I'm a newbie to analyzing RNAseq data and wanted to get input on how to proceed forward with data that I received from my PI. The goal of the experiment was to compare gene expression across blood cells from different donors all under the same condition. There are donors of a given phenotype (e.g., S1, S2...) and another phenotype (e.g., P1, P2...) I have been given two files: data that has read counts and data that has been quantile normalized. The files are organized as follows:
Read Count File
Gene S1 S2 P1
B2M 174991 119507 166104
LYZ 69046 35013 24405
Quantile Normalized File
Gene S1 S2 P1
B2M 8449.38 8449.38 2821.43
LYZ 5186.47 1476.66 850.11
I have been informed to assess differences between samples by using the quantile normalized values.
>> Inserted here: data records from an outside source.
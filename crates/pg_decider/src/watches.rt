//! The watches of the clauses.

ghost use Rattle.std.specs.Prelude.{◌≡◌, ℕ, Bool, List, ◌+◌, ◌-◌, ◌*◌, ◌/◌, ◌<◌, ◌≤◌, true, false, not, ◌&&◌, [], ◌∷◌, ◌++◌, length, take, slice_set, vec_capacity, MatchOption};
ghost use Rattle.pg_region.specs.Literal.{Literal, same, negated};
ghost use Rattle.pg_region.specs.Pieces.{total};
ghost use Rattle.pg_region.specs.Region.{clause_at};
ghost use Rattle.pg_decider.specs.Assignment.{on, added, Within, Forces, IsClosed, HasConflict};
ghost use Rattle.pg_decider.specs.Chains.{chain, with_chain, IsFree, AreChains};
ghost use Rattle.pg_decider.specs.Trail.{lit};
ghost use Rattle.pg_decider.specs.Watch.{place, other, Placed, Watching, Watched, Shape, Grown, KeepsWatched, KeepsWatching};

use crate::chains::Chains;
use crate::trail::Trail;
use pg_region::{ClauseReader, Lit};

/// For each clause two slots with the literals that it watches, and for each literal the chain of its slots.
#[derive(Drop)]
pub struct Watches {
    pub slots: Vec<Lit>,
    pub chains: Chains,
}

impl Watches {
    /// Visits a slot that watches f, which is false: another literal is watched in place of f, or the clause
    /// forces a literal, or it is all false, and then the answer is false.
    pub fn visit(
        &mut self,
        reader: &mut ClauseReader,
        trail: &mut Trail,
        slot: u32,
        f: Lit,
        calm: bool,
    ) -> bool
        requires shape { Shape reader.old.clauses self.old.slots.items self.old.chains trail.old }
        requires placed { Placed reader.old.clauses self.old.slots.items self.old.chains.lists (place f) slot }
        requires free { IsFree self.old.chains slot }
        requires slot { (slot < length self.old.slots.items) × (lit self.old.slots.items slot ≡ f) }
        requires falsified { on trail.old.literals (negated f) ≡ true }
        requires calm { calm ≡ false → HasConflict reader.old.clauses (on trail.old.literals) }
        ensures reader { (reader.new.clauses ≡ reader.old.clauses) × (reader.new.atoms ≡ reader.old.atoms) }
        ensures looks { reader.new.looks ≤ reader.old.looks + 1 }
        ensures room { (vec_capacity self.new.slots ≡ vec_capacity self.old.slots) × (length self.new.chains.lists ≡ length self.old.chains.lists) × (self.new.chains.slots ≡ self.old.chains.slots) }
        ensures shape { Shape reader.old.clauses self.new.slots.items self.new.chains trail.new }
        ensures placed { Placed reader.old.clauses self.new.slots.items self.new.chains.lists (place f) (length self.new.slots.items) }
        ensures rest { chain self.new.chains.lists 0 ≡ chain self.old.chains.lists 0 }
        ensures grown { Grown reader.old.clauses trail.old trail.new }
        ensures shut { result ≡ false → HasConflict reader.old.clauses (on trail.new.literals) }
        ensures calmer { result ≡ true → calm ≡ true }
        ensures watching { KeepsWatching reader.old.clauses self.old.slots.items self.new.slots.items (chain self.old.chains.lists 0) (on trail.old.literals) (on trail.new.literals) slot result }
        ensures keeps { KeepsWatched reader.old.clauses self.old.slots.items self.new.slots.items (on trail.old.literals) }
    {
        let second = self.slots[other_of(slot) as usize];
        if !calm {
            self.chains.push(place_of(f), slot);
            return false;
        }
        if trail.is_true(second) {
            self.chains.push(place_of(f), slot);
            return true;
        }
        let clause = reader.clause(slot / 2 + 1);
        if let Some(next) = find(clause, trail, second) {
            self.slots[slot as usize] = next;
            self.chains.push(place_of(next), slot);
            return true;
        }
        self.chains.push(place_of(f), slot);
        add_forced(trail, second, slot / 2 + 1)
    }

    /// Visits each slot that watches f, which is false. False is the answer where a clause is all false.
    pub fn drain(&mut self, reader: &mut ClauseReader, trail: &mut Trail, f: Lit) -> bool
        requires shape { Shape reader.old.clauses self.old.slots.items self.old.chains trail.old }
        requires placed { Placed reader.old.clauses self.old.slots.items self.old.chains.lists 0 (length self.old.slots.items) }
        requires empty { chain self.old.chains.lists 0 ≡ [] }
        requires atom { f.atom ≤ trail.old.atoms }
        requires falsified { on trail.old.literals (negated f) ≡ true }
        ensures reader { (reader.new.clauses ≡ reader.old.clauses) × (reader.new.atoms ≡ reader.old.atoms) }
        ensures looks { reader.new.looks ≤ reader.old.looks + length (chain self.old.chains.lists (place f)) }
        ensures chains { AreChains self.old.chains.lists self.old.chains.slots }
        ensures room { (vec_capacity self.new.slots ≡ vec_capacity self.old.slots) × (length self.new.chains.lists ≡ length self.old.chains.lists) × (self.new.chains.slots ≡ self.old.chains.slots) }
        ensures shape { Shape reader.old.clauses self.new.slots.items self.new.chains trail.new }
        ensures placed { Placed reader.old.clauses self.new.slots.items self.new.chains.lists 0 (length self.new.slots.items) }
        ensures empty { chain self.new.chains.lists 0 ≡ [] }
        ensures grown { Grown reader.old.clauses trail.old trail.new }
        ensures shut { result ≡ false → HasConflict reader.old.clauses (on trail.new.literals) }
        ensures watching { (p : Literal → Bool) → Within p (on trail.old.literals) → Watching reader.old.clauses self.old.slots.items [] p (on trail.old.literals) (length self.old.slots.items) → result ≡ true → Watching reader.old.clauses self.new.slots.items [] (added (negated f) p) (on trail.new.literals) (length self.new.slots.items) }
        ensures keeps { KeepsWatched reader.old.clauses self.old.slots.items self.new.slots.items (on trail.old.literals) }
    {
        self.chains.detach(place_of(f));
        let mut calm = true;
        'slots: while let Some(slot) = self.chains.pop(0) {
            calm = self.visit(reader, trail, slot, f, calm);
        }
        calm
    }

    /// Goes through the literals of the trail from the one at `from` on. False is the answer where a clause is
    /// all false.
    pub fn propagate(&mut self, reader: &mut ClauseReader, trail: &mut Trail, from: u32) -> bool
        requires shape { Shape reader.old.clauses self.old.slots.items self.old.chains trail.old }
        requires placed { Placed reader.old.clauses self.old.slots.items self.old.chains.lists 0 (length self.old.slots.items) }
        requires empty { chain self.old.chains.lists 0 ≡ [] }
        requires from { from ≤ length trail.old.literals }
        requires watching { Watching reader.old.clauses self.old.slots.items [] (on (take from trail.old.literals)) (on trail.old.literals) (length self.old.slots.items) }
        ensures reader { (reader.new.clauses ≡ reader.old.clauses) × (reader.new.atoms ≡ reader.old.atoms) }
        ensures looks { reader.new.looks ≤ reader.old.looks + total reader.old.clauses }
        ensures room { (vec_capacity self.new.slots ≡ vec_capacity self.old.slots) × (length self.new.chains.lists ≡ length self.old.chains.lists) × (self.new.chains.slots ≡ self.old.chains.slots) }
        ensures shape { Shape reader.old.clauses self.new.slots.items self.new.chains trail.new }
        ensures placed { Placed reader.old.clauses self.new.slots.items self.new.chains.lists 0 (length self.new.slots.items) }
        ensures empty { chain self.new.chains.lists 0 ≡ [] }
        ensures grown { Grown reader.old.clauses trail.old trail.new }
        ensures shut { result ≡ false → HasConflict reader.old.clauses (on trail.new.literals) }
        ensures closed { result ≡ true → IsClosed reader.old.clauses (on trail.new.literals) }
        ensures calm { result ≡ true → HasConflict reader.old.clauses (on trail.new.literals) → ⊥ }
        ensures watched { result ≡ true → Watched reader.old.clauses self.new.slots.items (on trail.new.literals) }
        ensures keeps { KeepsWatched reader.old.clauses self.old.slots.items self.new.slots.items (on trail.old.literals) }
    {
        let mut next = from;
        'literals: while next < trail.len() {
            let literal = trail.at(next);
            next += 1;
            if !self.drain(reader, trail, literal.negated()) {
                return false;
            }
        }
        true
    }
}

/// The number of the chain of a literal.
pub fn place_of(literal: Lit) -> usize
    ensures { result ≡ place literal }
{
    literal.word() as usize + 1
}

/// The other slot of the clause.
fn other_of(slot: u32) -> u32
    requires { slot < 4294967294 }
    ensures { result ≡ other slot }
{
    if slot % 2 == 0 { slot + 1 } else { slot - 1 }
}

/// A literal of a clause, other than `second`, that is not false.
fn find(clause: &[Lit], trail: &Trail, second: Lit) -> Option<Lit>
    requires { (l : Literal) → on clause.now l ≡ true → l.atom ≤ trail.now.atoms }
    ensures { MatchOption result ((m : Literal) → on clause.now m ≡ true → same m second ≡ false → on trail.now.literals (negated m) ≡ true) (λ m. (on clause.now m ≡ true) × (same m second ≡ false) × (on trail.now.literals (negated m) ≡ false)) }
{
    for literal in clause {
        if serves(*literal, trail, second) {
            return Some(*literal);
        }
    }
    None
}

/// Whether a literal can be watched beside `second`.
fn serves(literal: Lit, trail: &Trail, second: Lit) -> bool
    requires { literal.atom ≤ trail.now.atoms }
    ensures { result ≡ (not (same literal second) && not (on trail.now.literals (negated literal))) }
{
    !literal.is(second) && !trail.is_true(literal.negated())
}

/// Adds a literal that is not true, and that the clause with the number `reason` forces. False is the answer where it is false.
pub fn add_forced(trail: &mut Trail, literal: Lit, reason: u32) -> bool
    requires atom { literal.atom ≤ trail.old.atoms }
    requires unmet { on trail.old.literals literal ≡ false }
    ensures grown { (cs : List (List Literal)) (k : ℕ) → k < length cs → reason ≡ k + 1 → Forces (on trail.old.literals) (clause_at cs k) literal → Grown cs trail.old trail.new }
    ensures added { result ≡ true → on trail.new.literals literal ≡ true }
    ensures shut { result ≡ false → on trail.new.literals (negated literal) ≡ true }
{
    if trail.is_true(literal.negated()) {
        return false;
    }
    trail.add(literal, reason);
    true
}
However, if I want to compare the expression of B2M, for example, between different samples (e.g., S1 and P1), do I need to normalize the quantile normalized values to a housekeeping gene (e.g., GPI) and then compare or do I just compare the values 8449.38 to 2821.43?
Or alternatively, should I turn to the read count file to re-analyze?
Furthermore, we'd like to do a GSEA for between the two different phenotypes (e.g., S samples versus P samples). Any advice on how to combine the data for S donors and P donors to attempt this?
Any advice, insight or pointing to relevant questions on Biostars is extremely appreciated.